- Your task
When you reach the line in the listing below that contains "NextLine input chunk.old", begin returning lines exactly as written, and stop after the line that contains "fn refilled(left: Left, file: i32, chunk: &mut". Return no other lines.

- Records supplied
= Beginning of Section =

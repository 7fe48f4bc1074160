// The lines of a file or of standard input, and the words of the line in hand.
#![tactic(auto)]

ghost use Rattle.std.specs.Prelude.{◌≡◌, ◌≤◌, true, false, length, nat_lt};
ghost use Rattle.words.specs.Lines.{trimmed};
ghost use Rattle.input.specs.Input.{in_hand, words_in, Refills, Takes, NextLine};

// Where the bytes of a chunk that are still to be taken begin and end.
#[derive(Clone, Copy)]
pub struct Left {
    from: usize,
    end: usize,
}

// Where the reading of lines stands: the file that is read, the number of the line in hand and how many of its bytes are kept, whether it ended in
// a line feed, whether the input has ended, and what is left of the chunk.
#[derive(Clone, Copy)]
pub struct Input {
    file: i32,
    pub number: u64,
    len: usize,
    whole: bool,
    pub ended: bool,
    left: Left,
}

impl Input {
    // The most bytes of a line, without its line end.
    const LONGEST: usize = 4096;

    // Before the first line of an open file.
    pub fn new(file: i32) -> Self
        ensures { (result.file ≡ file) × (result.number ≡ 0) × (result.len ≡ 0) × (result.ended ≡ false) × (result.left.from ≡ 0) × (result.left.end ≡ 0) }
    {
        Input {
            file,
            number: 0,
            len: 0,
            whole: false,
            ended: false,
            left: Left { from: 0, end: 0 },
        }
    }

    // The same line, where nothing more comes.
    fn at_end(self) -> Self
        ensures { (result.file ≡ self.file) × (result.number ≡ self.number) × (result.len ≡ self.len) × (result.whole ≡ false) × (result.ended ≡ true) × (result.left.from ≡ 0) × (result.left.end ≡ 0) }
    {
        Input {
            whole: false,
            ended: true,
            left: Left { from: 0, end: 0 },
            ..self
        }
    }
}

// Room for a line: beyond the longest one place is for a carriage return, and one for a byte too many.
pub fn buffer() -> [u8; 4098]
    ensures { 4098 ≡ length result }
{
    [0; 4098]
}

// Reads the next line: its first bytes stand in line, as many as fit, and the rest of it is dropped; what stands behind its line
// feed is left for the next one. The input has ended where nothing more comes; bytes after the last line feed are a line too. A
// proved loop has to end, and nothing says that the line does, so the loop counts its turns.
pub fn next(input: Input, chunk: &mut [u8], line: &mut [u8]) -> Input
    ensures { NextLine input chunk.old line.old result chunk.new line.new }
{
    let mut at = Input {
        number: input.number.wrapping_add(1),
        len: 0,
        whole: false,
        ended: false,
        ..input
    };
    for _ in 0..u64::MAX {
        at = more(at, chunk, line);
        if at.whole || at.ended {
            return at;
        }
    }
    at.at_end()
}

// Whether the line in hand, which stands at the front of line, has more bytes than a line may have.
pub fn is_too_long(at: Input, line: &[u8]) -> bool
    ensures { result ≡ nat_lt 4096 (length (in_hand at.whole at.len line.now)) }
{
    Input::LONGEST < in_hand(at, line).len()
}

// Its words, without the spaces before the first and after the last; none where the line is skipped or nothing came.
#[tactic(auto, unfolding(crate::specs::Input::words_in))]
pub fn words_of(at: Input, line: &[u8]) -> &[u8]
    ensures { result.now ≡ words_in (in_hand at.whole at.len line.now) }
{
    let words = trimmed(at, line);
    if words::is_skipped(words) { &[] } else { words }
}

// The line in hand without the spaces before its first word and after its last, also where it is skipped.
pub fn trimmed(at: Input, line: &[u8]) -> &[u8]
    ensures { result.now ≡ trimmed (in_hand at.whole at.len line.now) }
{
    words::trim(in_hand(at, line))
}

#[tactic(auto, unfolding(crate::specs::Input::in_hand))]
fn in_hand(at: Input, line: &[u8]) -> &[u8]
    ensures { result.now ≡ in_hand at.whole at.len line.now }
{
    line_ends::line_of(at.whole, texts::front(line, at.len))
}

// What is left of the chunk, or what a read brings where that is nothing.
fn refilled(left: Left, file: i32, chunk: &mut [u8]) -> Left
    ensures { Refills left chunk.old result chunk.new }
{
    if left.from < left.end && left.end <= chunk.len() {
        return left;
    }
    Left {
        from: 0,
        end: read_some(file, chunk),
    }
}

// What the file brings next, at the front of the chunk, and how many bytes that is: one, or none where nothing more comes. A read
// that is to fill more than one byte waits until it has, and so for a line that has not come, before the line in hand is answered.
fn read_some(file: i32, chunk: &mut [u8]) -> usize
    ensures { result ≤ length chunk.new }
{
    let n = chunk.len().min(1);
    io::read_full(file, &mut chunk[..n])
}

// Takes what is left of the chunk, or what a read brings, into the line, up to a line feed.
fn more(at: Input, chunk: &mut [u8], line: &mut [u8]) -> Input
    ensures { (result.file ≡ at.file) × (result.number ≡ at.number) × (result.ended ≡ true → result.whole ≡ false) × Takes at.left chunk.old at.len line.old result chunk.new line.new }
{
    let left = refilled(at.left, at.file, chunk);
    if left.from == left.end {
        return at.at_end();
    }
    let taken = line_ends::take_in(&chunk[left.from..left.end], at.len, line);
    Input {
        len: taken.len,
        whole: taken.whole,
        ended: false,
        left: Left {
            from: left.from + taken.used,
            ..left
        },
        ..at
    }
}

= End of Section =
= Beginning of Section =

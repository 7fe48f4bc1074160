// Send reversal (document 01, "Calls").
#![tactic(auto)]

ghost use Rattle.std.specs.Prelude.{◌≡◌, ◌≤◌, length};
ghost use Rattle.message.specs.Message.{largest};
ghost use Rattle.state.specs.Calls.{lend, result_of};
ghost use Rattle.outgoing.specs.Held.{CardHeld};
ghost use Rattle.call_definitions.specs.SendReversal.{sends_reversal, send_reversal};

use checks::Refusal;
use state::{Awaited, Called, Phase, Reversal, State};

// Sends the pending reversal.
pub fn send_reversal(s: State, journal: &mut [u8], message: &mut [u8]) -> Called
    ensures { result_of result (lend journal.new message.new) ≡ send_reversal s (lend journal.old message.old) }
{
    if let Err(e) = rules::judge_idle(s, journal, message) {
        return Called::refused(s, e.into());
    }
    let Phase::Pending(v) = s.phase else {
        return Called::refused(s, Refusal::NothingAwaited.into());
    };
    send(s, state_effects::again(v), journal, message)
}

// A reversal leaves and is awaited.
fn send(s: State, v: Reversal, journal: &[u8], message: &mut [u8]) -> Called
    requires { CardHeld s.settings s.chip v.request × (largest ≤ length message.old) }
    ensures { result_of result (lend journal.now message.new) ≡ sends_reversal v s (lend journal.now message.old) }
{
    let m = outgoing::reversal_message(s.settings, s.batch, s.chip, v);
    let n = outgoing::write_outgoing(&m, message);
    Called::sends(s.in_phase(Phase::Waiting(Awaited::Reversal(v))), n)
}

= End of Section =

- Solution to the problem
    ensures { NextLine input chunk.old line.old result chunk.new line.new }
{
    let mut at = Input {
        number: input.number.wrapping_add(1),
        len: 0,
        whole: false,
        ended: false,
        ..input
    };
    for _ in 0..u64::MAX {
        at = more(at, chunk, line);
        if at.whole || at.ended {
            return at;
        }
    }
    at.at_end()
}

// Whether the line in hand, which stands at the front of line, has more bytes than a line may have.
pub fn is_too_long(at: Input, line: &[u8]) -> bool
    ensures { result ≡ nat_lt 4096 (length (in_hand at.whole at.len line.now)) }
{
    Input::LONGEST < in_hand(at, line).len()
}

// Its words, without the spaces before the first and after the last; none where the line is skipped or nothing came.
#[tactic(auto, unfolding(crate::specs::Input::words_in))]
pub fn words_of(at: Input, line: &[u8]) -> &[u8]
    ensures { result.now ≡ words_in (in_hand at.whole at.len line.now) }
{
    let words = trimmed(at, line);
    if words::is_skipped(words) { &[] } else { words }
}

// The line in hand without the spaces before its first word and after its last, also where it is skipped.
pub fn trimmed(at: Input, line: &[u8]) -> &[u8]
    ensures { result.now ≡ trimmed (in_hand at.whole at.len line.now) }
{
    words::trim(in_hand(at, line))
}

#[tactic(auto, unfolding(crate::specs::Input::in_hand))]
fn in_hand(at: Input, line: &[u8]) -> &[u8]
    ensures { result.now ≡ in_hand at.whole at.len line.now }
{
    line_ends::line_of(at.whole, texts::front(line, at.len))
}

// What is left of the chunk, or what a read brings where that is nothing.
fn refilled(left: Left, file: i32, chunk: &mut [u8]) -> Left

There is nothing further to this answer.